What Rauber and Farquhar intend to do about all this is to preserve a ‘digital genome’ deep in the Swiss Alps in a secret bunker, where the needed information to read all our formatting is made available to future generations. The sealed box is buried somewhere near the town of Gstaad, in a data facility known as the Swiss Fort Knox in the Bernese Oberland, an installation that consists of two underground data centers that are 10 kilometers apart but connected by high-speed networking. The facility is in a former military nuclear bunker designed to offer physical protection against all manner of environmental disasters.

Going Deep in Switzerland

Behind the burying of this ‘digital genome’ is the Planets project, which links European libraries, archives and research institutions in an attempt to preserve both software and hardware assets as older versions of each are superseded. Inside the box are at risk digital formats, from JPEG photographs to messages in Java, films in .MOV format and documents in PDF. Here’s how the project describes the contents of the Planets TimeCapsule:

Each object is stored in its original format and a new format more suitable for long-term preservation such as PDF/A, TIFF, JPEG2000 and MPEG4. The objects are stored on media that range from paper, microfilm and floppy discs to CDs, DVDs and flash-drives and HDDs.

Inside the box are the original and new objects, storage media, and some reading devices.

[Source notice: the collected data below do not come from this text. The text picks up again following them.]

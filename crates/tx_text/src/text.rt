// A text, kept as UTF-8 and seen as its code points.
ghost use Rattle.std.specs.Prelude.{◌≡◌, ◌↔◌, [], ◌∷◌, ◌++◌, length, OnOk, OnErr, IfOk, IsErrOf, IsUtf8, IsTrue, encode_utf8_all, slice_get, string_bytes};
ghost use Rattle.std.specs.Str.{chars};
ghost use Rattle.tx_text.specs.Examples.{Examples};
ghost use Rattle.tx_text.specs.Text.{part_of, less, first_place, last_place, count_of};

use crate::store::Store;
use crate::{NoMemory, points, search};
use std::alloc::Global;
use std::convert::AsStr;
use std::marker::Model;
use thiserror::Error;

/// Why bytes gave no text.
#[derive(Clone, Copy, Debug, PartialEq, Eq, Error)]
pub enum Utf8Fault {
    #[error("not UTF-8")]
    NotUtf8,
    #[error("out of memory")]
    NoMemory,
}

/// A text, seen as the list of its code points. One of up to 24 bytes stands in the value itself and takes no memory. A
/// longer one knows how many code points it has, so that `len` takes no time, and where each is one byte neither do
/// `char_at` and `slice`.
#[derive(Debug, Drop)]
pub struct PyText {
    alloc: Global,
    store: Store,
}

impl Model for PyText {
    ghost use Rattle.std.specs.Prelude.{List, ℕ};
    ghost use Rattle.std.specs.Str.{chars};
    ghost use Rattle.tx_text.specs.Calls.Store.{IsCounted, store_bytes};

    ghost Value = { List ℕ };

    ghost view = { λ t. chars (store_bytes t.store) };

    ghost invariant = { λ t. IsCounted t.store };
}

impl PyText {
    /// The empty text, which takes no memory yet.
    pub fn new(alloc: Global) -> Self
        ensures { result ≡ [] }
    {
        PyText {
            alloc,
            store: Store::new(),
        }
    }

    /// The text of a Rust string.
    pub fn from_str(alloc: Global, s: &str) -> Result<PyText, NoMemory>
        ensures { IfOk result (λ t. t ≡ chars s.now) }
    {
        let store = Store::from_str(alloc, s)?;
        Ok(PyText { alloc, store })
    }

    /// The text that bytes spell in UTF-8, as Python's `bytes.decode`.
    pub fn from_utf8(alloc: Global, b: &[u8]) -> Result<PyText, Utf8Fault>
        ensures ok { IfOk result (λ t. t ≡ chars b.now) }
        ensures utf8 { OnOk result (IsUtf8 b.now) }
        ensures fault { IsErrOf result Utf8Fault.NotUtf8 → IsUtf8 b.now → ⊥ }
    {
        let Ok(s) = str::from_utf8(b) else {
            return Err(Utf8Fault::NotUtf8);
        };
        match Store::from_str(alloc, s) {
            Ok(store) => Ok(PyText { alloc, store }),
            Err(_) => Err(Utf8Fault::NoMemory),
        }
    }

    /// The text for Rust's own string functions, as UTF-8.
    pub fn as_str(&self) -> &str
        ensures bytes { result.now ≡ encode_utf8_all self.now }
        ensures chars { chars result.now ≡ self.now }
    {
        self.store.as_str()
    }

    /// Adds a character at the end. Where memory is refused, the text is as before.
    pub fn push(&mut self, item: char) -> Result<(), NoMemory>
        ensures ok { OnOk result (self.new ≡ self.old ++ item ∷ []) }
        ensures err { OnErr result (self.new ≡ self.old) }
    {
        let mut buffer = [0; 4];
        self.store
            .push_str(self.alloc, item.encode_utf8(&mut buffer))
    }

    /// Adds the characters of a text at the end, or none where memory is refused.
    pub fn push_str(&mut self, more: &str) -> Result<(), NoMemory>
        ensures ok { OnOk result (self.new ≡ self.old ++ chars more.now) }
        ensures err { OnErr result (self.new ≡ self.old) }
    {
        self.store.push_str(self.alloc, more)
    }

    /// How many characters the text has, as Python's `len`: of `"aß€"` three. At most 24 bytes are read.
    pub fn len(&self) -> usize
        ensures { result ≡ length self.now }
    {
        self.store.count()
    }

    /// The character at a place, as Python's `text[at]` for a place from the front: of `"aß€"` at 1 it is `'ß'`.
    pub fn char_at(&self, at: usize) -> Option<char>
        ensures { result ≡ slice_get self.now at }
    {
        points::char_at(self.as_str(), self.len(), at)
    }

    /// The characters from a place to before another, as Python's `text[from:to]` for places from the front: of
    /// `"aß€"` from 1 to 9 it is `"ß€"`.
    pub fn slice(&self, from: usize, to: usize) -> Result<PyText, NoMemory>
        ensures { IfOk result (λ t. t ≡ part_of from to self.now) }
    {
        let count = self.len();
        let end = to.min(count);
        let start = from.min(end);
        PyText::from_str(
            self.alloc,
            points::text_between(self.as_str(), count, start, end),
        )
    }

    /// Whether two texts have the same characters, as Python's `==`.
    pub fn equal(&self, b: &PyText) -> bool
        ensures { IsTrue result ↔ (self.now ≡ b.now) }
    {
        self.as_str() == b.as_str()
    }

    /// Whether this text comes before another, as Python's `<`: `"a"` comes before `"ab"` and before `"é"`.
    pub fn less(&self, b: &PyText) -> bool
        ensures { result ≡ less self.now b.now }
    {
        points::comes_before(self.as_str(), b.as_str())
    }

    /// The first place where a part stands, as Python's `str.find`: of `"b"` in `"abab"` it is 1.
    pub fn find(&self, part: &PyText) -> Option<usize>
        ensures { result ≡ first_place part.now self.now }
    {
        search::find_first(self.as_str(), self.len(), part.as_str())
    }

    /// The last place where a part stands, as Python's `str.rfind`: of `"b"` in `"abab"` it is 3.
    pub fn rfind(&self, part: &PyText) -> Option<usize>
        ensures { result ≡ last_place part.now self.now }
    {
        search::find_last(self.as_str(), self.len(), part.as_str())
    }

    /// How often a part stands in the text without overlaps, as Python's `str.count`: of `"aa"` in `"aaaaa"` twice.
    pub fn count(&self, part: &PyText) -> usize
        ensures { result ≡ count_of part.now self.now }
    {
        search::count_parts(self.as_str(), self.len(), part.as_str())
    }

    // The text of a string.
    pub(crate) fn of_string(text: String) -> PyText
        ensures { result ≡ chars (string_bytes text) }
    {
        let alloc = *text.allocator();
        PyText {
            alloc,
            store: Store::of_string(text),
        }
    }

    // The allocator that the text keeps.
    pub(crate) fn allocator(&self) -> Global {
        self.alloc
    }
}

/// The examples that stand behind the definitions of texts are true.
pub fn examples_hold()
    ensures { Examples }
{}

It also includes conversion tools that were used to migrate the objects as well as software to open and view/use these objects and supporting software all the way down to an operating system; descriptions of the file formats, of the file systems and encodings used on the storage media; and description of all these objects and their relationship to supporting technology and recognised standards.

And yes, an online version is to be provided, while replicas will be available to libraries, archives, science museums and other interested parties. The need will surely grow for it to be augmented on a regular basis as our formats continue to sprout changes and extensions. Anyone who has been using computers for a sufficient time will be aware of how acute this issue can be. I think of the hundreds of articles, reviews and columns I wrote in the 1980s using the now defunct XyWrite program, which began with straight ASCII data formats but gradually changed so that its files were unreadable without the program. I would have to locate some very old software if I had a need to get into the digital versions of all this work today.

For more about the Planets project, you can download a brochure here. I notice that it’s in the baleful PDF format, all but universal for the dissemination of scientific papers, yet balky and bloated and forever at the mercy of Adobe. Every digital ‘upgrade’ has its advantages, or at least most of them do, and getting the most out of our data is in the hands of good coders, but as our bits and bytes head inexorably into the future, we’d better hope that data preservation eventually becomes built into every operating system we run on our machines, and that the future web of interconnections keeps the knowledge of past formats always at hand.